I think you might be right i am going to dig deeper into more info on exactly what these are and the effects. i do see the doctor on a regular basis and have kept him up to date on all my effects. He is now a believer 

thanks for the info and advice... hit em straight! :thumbsup:


----------



## johnD (Jan 14, 2014)

Fourputt said:


> Dennis. This guy is a spammer. He has this same post on a couple of other golf forums, also one post sales pitches. I'll let you decide if you want to dump him.
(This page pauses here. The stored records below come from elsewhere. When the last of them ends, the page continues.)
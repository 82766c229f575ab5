//! The verdict on a certificate.

ghost use Rattle.std.specs.Prelude.{◌≡◌, IfOk, IfErr, None as Nothing};
ghost use Rattle.td_answer.specs.Ends.{EndsByStop};
ghost use Rattle.td_answer.specs.Verdicts.{AreRefusedLines, AreVerdictLines, ending_by, IsTrueCheck, IsRefusedCheck};
ghost use Rattle.td_answer.specs.Writing.{CanBeWritten};

use crate::claims::accepted;
use crate::outcome::Outcome;
use crate::refusal::Refusal;
use crate::status::Status;
use std::alloc::{AllocError, Global};
use td_certificate::Certificate;
use td_checker::{Verdict, check_told_until};
use td_lines::{Line, Report};
use td_reading::{Reading, Told};
use td_stop::Stop;

/// The report of a certificate that is refused.
fn refused(alloc: Global, verdict: Verdict) -> Result<Report, AllocError>
    ensures { IfOk result (AreRefusedLines verdict) }
{
    let mut report = Report::new(alloc);
    report.add(Line::Refused {
        number: verdict.number(),
        name: verdict.name(),
        line: verdict.line(),
    })?;
    Ok(report)
}

fn report_of(
    alloc: Global,
    verdict: Verdict,
    certificate: &Certificate,
) -> Result<Report, AllocError>
    ensures { IfOk result (AreVerdictLines certificate.now verdict) }
{
    match verdict {
        Verdict::Accepted => accepted(alloc, certificate),
        _ => refused(alloc, verdict),
    }
}

/// How a check ends with a verdict.
fn ending(verdict: Verdict) -> Status
    ensures { result ≡ ending_by verdict }
{
    match verdict {
        Verdict::Accepted => Status::Done,
        _ => Status::Rejected,
    }
}

/// The verdict on a certificate's text, unless the stop is set before it is known.
pub(crate) fn verdict_on<'n, 'w>(
    alloc: Global,
    text: &'n [u8],
    reading: &Reading<'_>,
    told: Told,
    certificate: &[u8],
    stop: &Stop,
) -> Result<Outcome, Refusal<'n, 'w>>
    ensures says { IfOk result (IsTrueCheck text.now reading.now told certificate.now) }
    ensures certified { IfOk result (λ outcome. outcome.certificate ≡ Nothing) }
    ensures written { IfOk result CanBeWritten }
    ensures refusal { IfErr result (IsRefusedCheck text.now reading.now certificate.now) }
    ensures stopped { IfErr result (EndsByStop stop.now.can_be_set) }
{
    let found = check_told_until(alloc, text, reading, told, certificate, stop)?;
    let Some(checked) = found else {
        return Err(Refusal::OutOfTime);
    };
    let report = report_of(alloc, checked.verdict, &checked.certificate)?;
    Ok(Outcome {
        report,
        certificate: None,
        dump: None,
        status: ending(checked.verdict),
        verdict: Some(checked.verdict),
    })
}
If he can come back and demonstrate that he actually wants to be a participating member, then I will withdraw my accusation.


Rick,
I am no spammer friend.. I belong to two boards, this one and the Sand Trap... i am not selling anything nor am i am promoting.:laugh: I am simply asking for advice... 

thank you !


----------



## johnD (Jan 14, 2014)

johnD said:


> Rick,
> I am no spammer friend.. I belong to two boards, this one and the Sand Trap... i am not selling anything nor am i am promoting.:laugh: I am simply asking for advice...
> 
> thank you !




... input or thoughts ?


----------



## broken tee (Jan 13, 2008)

I should listen to my own words, since I'm a fat out of shape 64.5 year old, but diet and exercise should be all you need.


----------